AIM OF THE TASK:
For the records below, give the number of lines containing the word "document" and no other text.

INPUT FOR THIS TASK:
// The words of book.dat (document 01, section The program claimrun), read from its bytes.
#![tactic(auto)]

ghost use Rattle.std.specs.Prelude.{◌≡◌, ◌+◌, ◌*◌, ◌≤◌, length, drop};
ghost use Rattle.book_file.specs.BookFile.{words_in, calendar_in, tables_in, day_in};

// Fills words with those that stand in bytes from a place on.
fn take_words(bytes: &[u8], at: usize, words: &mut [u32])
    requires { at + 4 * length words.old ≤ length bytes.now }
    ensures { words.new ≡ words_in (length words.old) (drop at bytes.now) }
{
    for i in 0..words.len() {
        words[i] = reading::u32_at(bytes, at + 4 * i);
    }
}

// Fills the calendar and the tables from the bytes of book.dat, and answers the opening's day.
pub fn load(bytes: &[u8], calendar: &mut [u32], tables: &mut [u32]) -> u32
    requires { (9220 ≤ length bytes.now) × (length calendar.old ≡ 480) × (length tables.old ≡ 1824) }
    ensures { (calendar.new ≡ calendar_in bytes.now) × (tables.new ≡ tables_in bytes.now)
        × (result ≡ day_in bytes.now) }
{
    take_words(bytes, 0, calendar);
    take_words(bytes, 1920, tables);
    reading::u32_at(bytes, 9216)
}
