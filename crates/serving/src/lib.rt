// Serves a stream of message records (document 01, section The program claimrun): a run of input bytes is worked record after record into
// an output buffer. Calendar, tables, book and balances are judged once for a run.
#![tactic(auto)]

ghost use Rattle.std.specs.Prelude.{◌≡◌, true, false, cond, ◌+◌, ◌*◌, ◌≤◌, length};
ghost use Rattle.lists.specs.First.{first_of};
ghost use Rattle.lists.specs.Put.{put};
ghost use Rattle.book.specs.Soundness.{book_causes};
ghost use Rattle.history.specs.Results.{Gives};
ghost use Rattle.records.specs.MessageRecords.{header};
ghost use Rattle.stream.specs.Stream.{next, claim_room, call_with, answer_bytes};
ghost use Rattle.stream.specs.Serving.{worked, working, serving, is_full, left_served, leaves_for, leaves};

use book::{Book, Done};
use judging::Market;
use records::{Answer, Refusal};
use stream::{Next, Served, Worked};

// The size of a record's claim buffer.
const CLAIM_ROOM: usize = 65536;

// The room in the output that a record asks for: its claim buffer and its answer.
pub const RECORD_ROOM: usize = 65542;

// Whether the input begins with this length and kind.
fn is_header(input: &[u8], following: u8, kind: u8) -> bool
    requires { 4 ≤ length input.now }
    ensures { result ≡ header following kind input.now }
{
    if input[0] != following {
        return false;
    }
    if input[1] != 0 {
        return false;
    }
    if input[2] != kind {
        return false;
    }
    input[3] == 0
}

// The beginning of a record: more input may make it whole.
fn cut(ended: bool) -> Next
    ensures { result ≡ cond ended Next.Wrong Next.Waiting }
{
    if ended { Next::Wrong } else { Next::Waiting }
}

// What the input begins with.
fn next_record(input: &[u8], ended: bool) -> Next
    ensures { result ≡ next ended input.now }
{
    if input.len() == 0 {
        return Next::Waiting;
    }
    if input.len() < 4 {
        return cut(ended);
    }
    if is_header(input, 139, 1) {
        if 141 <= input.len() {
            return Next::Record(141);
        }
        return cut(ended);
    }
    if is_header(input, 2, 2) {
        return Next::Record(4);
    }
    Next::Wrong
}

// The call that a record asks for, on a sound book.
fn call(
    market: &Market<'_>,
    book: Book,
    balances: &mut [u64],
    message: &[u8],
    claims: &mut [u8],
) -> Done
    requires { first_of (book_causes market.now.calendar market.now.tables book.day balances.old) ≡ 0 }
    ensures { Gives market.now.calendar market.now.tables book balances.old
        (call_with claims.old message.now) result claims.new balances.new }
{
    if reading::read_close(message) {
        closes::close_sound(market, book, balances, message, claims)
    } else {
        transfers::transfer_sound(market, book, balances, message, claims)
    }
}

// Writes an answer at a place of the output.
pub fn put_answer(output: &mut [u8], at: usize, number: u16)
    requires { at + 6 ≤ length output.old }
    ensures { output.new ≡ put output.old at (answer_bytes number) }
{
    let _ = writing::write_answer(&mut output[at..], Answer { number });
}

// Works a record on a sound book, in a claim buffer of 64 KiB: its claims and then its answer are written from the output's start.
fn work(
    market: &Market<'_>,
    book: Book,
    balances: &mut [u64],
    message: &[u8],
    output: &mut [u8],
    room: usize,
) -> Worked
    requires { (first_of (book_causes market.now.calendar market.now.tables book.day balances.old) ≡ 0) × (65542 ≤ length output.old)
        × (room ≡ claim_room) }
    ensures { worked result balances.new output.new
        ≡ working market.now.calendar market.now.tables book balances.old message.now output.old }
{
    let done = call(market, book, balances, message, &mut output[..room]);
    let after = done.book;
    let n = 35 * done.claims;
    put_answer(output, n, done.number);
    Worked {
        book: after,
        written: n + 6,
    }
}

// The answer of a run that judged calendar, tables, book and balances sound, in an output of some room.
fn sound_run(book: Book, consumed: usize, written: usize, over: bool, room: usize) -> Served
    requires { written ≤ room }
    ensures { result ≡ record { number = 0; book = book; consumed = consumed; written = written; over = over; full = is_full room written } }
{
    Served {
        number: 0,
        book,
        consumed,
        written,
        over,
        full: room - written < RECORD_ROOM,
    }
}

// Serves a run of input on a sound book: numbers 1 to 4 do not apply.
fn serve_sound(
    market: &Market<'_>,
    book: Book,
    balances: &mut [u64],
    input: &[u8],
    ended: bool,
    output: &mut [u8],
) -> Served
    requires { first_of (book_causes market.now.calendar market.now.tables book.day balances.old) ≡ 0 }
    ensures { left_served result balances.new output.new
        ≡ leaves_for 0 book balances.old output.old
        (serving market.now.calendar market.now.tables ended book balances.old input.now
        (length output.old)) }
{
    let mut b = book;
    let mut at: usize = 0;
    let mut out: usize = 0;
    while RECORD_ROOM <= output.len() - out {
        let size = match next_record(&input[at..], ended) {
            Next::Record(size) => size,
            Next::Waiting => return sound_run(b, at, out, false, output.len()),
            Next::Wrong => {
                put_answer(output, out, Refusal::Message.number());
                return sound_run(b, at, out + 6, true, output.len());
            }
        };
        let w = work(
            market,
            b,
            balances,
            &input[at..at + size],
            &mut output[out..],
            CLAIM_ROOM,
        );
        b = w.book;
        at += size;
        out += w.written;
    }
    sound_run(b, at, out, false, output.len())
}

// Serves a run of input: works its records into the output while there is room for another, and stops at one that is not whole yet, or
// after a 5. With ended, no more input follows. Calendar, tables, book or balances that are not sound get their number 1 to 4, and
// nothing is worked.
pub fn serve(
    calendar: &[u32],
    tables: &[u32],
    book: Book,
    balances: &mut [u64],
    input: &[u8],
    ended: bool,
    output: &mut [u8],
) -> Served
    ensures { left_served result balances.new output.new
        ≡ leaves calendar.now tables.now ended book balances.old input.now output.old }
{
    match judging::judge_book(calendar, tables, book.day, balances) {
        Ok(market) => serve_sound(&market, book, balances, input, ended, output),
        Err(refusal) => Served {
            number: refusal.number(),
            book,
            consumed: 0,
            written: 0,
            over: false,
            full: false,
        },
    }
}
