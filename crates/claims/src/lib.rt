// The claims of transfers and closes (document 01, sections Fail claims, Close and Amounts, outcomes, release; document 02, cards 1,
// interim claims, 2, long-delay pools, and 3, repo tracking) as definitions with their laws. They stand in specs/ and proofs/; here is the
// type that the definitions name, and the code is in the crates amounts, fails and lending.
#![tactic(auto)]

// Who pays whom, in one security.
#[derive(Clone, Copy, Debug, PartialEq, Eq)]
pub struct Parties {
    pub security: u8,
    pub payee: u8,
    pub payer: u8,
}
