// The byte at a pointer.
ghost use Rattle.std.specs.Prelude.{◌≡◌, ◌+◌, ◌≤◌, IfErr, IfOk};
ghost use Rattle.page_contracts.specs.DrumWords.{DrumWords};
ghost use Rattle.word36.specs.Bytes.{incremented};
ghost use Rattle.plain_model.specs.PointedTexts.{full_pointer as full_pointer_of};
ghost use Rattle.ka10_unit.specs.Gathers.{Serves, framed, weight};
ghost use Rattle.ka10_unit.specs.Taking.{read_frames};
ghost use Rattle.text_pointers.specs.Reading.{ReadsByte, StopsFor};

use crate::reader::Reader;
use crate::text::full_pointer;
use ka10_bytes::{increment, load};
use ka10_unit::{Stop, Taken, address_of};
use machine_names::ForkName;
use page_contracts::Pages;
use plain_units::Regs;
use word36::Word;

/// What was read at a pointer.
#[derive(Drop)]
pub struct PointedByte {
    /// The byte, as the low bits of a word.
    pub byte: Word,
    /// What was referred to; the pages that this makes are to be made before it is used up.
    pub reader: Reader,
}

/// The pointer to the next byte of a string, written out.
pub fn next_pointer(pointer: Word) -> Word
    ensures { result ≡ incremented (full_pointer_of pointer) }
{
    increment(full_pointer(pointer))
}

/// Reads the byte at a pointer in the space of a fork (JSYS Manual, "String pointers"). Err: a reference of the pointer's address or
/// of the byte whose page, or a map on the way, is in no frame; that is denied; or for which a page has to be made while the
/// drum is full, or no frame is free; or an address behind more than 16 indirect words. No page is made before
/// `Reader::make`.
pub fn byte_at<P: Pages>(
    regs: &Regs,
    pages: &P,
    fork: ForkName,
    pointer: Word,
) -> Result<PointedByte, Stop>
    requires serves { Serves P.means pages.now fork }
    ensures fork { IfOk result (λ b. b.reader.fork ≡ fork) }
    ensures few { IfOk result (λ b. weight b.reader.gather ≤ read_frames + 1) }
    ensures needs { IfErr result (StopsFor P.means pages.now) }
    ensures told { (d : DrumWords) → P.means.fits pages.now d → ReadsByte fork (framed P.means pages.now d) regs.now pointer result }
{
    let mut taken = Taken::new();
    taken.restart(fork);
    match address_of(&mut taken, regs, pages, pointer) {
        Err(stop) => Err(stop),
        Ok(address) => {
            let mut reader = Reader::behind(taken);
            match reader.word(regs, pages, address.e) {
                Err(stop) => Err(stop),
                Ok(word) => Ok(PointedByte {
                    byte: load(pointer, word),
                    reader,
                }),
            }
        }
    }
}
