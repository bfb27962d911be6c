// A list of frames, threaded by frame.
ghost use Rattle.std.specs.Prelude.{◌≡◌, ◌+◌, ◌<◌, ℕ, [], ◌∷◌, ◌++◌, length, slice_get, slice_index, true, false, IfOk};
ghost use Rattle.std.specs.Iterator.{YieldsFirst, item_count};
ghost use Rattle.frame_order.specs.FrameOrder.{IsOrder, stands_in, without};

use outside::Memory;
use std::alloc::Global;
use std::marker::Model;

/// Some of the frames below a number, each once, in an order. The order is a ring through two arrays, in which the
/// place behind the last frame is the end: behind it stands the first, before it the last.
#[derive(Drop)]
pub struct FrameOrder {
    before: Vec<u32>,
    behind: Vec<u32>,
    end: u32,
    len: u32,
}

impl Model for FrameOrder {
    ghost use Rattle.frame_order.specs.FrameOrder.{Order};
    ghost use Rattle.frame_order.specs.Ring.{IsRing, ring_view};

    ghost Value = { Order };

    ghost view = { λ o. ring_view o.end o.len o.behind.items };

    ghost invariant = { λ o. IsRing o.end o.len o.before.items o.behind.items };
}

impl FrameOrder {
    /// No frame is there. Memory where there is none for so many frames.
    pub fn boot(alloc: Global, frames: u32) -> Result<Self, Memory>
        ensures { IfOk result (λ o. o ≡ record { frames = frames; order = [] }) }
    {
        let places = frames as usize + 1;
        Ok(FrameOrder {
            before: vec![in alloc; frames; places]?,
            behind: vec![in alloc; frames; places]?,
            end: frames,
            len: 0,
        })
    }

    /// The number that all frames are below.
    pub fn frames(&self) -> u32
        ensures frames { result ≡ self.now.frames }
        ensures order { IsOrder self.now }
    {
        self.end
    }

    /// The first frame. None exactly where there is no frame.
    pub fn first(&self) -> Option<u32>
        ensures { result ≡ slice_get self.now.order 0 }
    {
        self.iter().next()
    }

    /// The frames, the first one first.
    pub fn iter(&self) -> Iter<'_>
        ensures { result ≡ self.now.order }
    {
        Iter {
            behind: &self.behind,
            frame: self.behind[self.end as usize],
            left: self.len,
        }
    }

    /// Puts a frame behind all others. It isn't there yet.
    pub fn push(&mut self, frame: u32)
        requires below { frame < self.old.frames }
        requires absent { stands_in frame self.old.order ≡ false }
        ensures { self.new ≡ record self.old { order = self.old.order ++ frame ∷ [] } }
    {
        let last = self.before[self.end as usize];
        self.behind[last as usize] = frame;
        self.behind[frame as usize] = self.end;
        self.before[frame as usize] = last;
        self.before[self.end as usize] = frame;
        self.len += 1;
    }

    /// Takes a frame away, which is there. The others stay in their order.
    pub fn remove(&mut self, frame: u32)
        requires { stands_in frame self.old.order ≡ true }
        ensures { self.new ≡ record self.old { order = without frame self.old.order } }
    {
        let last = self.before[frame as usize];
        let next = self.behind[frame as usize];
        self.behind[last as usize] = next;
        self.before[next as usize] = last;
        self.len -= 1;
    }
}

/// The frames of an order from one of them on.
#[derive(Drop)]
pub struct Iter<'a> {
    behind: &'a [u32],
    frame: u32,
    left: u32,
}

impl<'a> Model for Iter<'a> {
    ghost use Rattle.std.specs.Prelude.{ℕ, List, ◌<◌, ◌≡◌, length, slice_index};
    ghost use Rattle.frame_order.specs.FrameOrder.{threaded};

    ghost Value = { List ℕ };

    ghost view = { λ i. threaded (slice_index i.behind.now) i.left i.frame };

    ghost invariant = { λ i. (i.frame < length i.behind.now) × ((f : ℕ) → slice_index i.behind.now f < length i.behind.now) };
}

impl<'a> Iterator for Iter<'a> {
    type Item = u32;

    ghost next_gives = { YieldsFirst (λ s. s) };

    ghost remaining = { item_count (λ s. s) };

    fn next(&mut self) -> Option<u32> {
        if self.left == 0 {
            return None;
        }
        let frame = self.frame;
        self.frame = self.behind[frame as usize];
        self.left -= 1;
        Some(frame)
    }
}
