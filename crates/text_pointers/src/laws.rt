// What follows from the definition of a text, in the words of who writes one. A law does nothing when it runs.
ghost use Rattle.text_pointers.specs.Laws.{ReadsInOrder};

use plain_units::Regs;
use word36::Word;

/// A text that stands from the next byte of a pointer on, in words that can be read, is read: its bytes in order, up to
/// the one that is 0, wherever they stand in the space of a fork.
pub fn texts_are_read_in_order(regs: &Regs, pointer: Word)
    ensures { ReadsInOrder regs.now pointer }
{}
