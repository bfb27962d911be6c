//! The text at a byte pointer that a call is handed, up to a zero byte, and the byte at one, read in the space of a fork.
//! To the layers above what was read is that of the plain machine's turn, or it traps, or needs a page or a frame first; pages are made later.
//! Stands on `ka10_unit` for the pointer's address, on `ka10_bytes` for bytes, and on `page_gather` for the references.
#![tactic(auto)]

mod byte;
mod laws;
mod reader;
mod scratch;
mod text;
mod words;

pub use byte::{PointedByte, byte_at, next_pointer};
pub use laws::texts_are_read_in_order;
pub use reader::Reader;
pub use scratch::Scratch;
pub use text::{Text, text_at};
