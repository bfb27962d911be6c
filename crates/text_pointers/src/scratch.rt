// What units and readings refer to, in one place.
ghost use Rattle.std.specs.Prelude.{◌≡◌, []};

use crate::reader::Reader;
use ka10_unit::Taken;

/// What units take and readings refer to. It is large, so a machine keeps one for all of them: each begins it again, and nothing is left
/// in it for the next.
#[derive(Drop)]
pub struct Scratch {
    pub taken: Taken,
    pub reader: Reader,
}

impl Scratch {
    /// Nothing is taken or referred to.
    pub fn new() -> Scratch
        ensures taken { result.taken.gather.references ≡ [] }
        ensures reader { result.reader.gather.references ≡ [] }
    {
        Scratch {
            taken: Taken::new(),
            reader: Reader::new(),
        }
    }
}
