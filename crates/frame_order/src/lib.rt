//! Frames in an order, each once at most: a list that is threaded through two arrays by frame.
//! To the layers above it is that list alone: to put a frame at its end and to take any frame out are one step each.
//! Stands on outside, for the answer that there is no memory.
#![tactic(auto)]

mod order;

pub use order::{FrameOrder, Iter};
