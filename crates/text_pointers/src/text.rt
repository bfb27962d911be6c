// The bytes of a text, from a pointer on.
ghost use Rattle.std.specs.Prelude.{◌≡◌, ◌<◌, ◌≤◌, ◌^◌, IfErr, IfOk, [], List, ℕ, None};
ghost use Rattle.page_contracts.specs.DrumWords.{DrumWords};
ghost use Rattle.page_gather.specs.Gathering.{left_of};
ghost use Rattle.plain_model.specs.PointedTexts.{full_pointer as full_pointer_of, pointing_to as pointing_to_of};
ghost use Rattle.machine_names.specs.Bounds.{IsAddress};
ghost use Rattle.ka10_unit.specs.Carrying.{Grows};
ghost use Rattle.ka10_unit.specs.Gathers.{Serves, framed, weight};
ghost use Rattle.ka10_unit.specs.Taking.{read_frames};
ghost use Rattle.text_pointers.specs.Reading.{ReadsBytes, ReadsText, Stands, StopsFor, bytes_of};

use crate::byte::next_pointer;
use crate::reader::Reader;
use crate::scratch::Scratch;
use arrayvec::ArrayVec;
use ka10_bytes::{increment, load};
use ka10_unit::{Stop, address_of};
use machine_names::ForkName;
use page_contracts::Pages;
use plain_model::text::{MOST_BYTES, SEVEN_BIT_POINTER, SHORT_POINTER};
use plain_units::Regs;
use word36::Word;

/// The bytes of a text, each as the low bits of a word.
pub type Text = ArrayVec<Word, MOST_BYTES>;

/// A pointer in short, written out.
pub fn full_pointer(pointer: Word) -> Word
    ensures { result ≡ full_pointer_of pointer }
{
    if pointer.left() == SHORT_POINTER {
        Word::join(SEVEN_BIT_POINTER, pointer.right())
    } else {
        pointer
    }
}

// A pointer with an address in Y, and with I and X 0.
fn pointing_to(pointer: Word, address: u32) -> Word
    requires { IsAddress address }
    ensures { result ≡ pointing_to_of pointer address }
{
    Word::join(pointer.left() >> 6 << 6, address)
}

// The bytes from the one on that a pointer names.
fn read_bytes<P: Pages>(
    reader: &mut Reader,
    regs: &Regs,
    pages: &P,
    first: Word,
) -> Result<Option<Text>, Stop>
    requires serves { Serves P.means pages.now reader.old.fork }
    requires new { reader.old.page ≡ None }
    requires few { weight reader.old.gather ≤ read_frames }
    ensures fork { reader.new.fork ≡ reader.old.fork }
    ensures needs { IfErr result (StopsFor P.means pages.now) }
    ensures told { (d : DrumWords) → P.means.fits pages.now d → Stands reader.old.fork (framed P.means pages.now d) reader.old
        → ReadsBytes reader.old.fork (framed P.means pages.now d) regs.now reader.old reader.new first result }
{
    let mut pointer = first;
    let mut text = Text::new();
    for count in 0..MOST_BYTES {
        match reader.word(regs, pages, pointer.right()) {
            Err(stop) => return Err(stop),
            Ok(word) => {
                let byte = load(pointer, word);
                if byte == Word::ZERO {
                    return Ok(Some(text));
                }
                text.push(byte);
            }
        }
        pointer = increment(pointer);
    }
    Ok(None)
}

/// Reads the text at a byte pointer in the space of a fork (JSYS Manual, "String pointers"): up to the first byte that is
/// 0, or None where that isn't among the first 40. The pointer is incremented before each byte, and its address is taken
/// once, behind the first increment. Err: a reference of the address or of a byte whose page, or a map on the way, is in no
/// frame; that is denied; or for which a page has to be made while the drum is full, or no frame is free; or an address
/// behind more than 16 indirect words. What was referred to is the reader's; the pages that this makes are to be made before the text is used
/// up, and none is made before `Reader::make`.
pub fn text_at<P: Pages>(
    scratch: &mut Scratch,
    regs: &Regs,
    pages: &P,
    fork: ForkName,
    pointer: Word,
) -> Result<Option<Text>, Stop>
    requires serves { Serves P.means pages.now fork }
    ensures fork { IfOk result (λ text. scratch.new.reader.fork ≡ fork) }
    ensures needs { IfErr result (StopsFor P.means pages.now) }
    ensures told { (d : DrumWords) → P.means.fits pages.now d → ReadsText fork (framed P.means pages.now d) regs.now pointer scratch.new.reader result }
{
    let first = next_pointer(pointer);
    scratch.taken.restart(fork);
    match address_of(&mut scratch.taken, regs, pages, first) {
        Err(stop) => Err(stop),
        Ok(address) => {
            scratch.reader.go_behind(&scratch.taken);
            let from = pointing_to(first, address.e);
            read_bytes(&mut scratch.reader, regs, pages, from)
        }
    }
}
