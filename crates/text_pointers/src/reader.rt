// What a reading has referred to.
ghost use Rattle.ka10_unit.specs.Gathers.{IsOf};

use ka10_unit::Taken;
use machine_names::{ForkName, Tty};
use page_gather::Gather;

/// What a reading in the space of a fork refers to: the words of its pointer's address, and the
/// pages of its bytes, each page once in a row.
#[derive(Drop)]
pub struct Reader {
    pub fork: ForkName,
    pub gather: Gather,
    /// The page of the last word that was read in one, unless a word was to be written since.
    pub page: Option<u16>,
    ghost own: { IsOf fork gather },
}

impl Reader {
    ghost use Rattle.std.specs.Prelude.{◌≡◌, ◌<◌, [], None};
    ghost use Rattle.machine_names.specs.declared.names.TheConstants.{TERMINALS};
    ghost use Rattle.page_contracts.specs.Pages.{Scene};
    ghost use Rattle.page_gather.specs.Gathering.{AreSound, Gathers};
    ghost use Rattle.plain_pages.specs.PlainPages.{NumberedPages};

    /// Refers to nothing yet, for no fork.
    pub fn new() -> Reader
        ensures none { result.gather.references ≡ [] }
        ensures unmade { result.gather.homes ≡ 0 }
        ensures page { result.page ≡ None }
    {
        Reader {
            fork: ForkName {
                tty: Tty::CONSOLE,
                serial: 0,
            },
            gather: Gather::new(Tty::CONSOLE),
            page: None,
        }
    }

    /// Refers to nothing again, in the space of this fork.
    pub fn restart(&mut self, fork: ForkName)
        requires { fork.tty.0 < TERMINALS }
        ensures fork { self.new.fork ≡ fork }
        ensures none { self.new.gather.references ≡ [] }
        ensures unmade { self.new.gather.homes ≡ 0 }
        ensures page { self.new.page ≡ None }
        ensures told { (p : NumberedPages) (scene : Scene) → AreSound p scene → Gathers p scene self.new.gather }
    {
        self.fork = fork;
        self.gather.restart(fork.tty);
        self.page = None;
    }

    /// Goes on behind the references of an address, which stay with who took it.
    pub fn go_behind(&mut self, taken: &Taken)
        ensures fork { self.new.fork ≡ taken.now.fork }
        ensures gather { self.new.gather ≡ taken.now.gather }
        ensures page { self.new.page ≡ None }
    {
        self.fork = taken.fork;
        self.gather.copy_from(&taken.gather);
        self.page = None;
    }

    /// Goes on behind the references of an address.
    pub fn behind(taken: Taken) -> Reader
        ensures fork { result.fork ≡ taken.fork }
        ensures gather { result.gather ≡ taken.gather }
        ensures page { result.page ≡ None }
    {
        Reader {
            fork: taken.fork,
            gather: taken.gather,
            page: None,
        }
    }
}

EXERCISE ANSWER:
3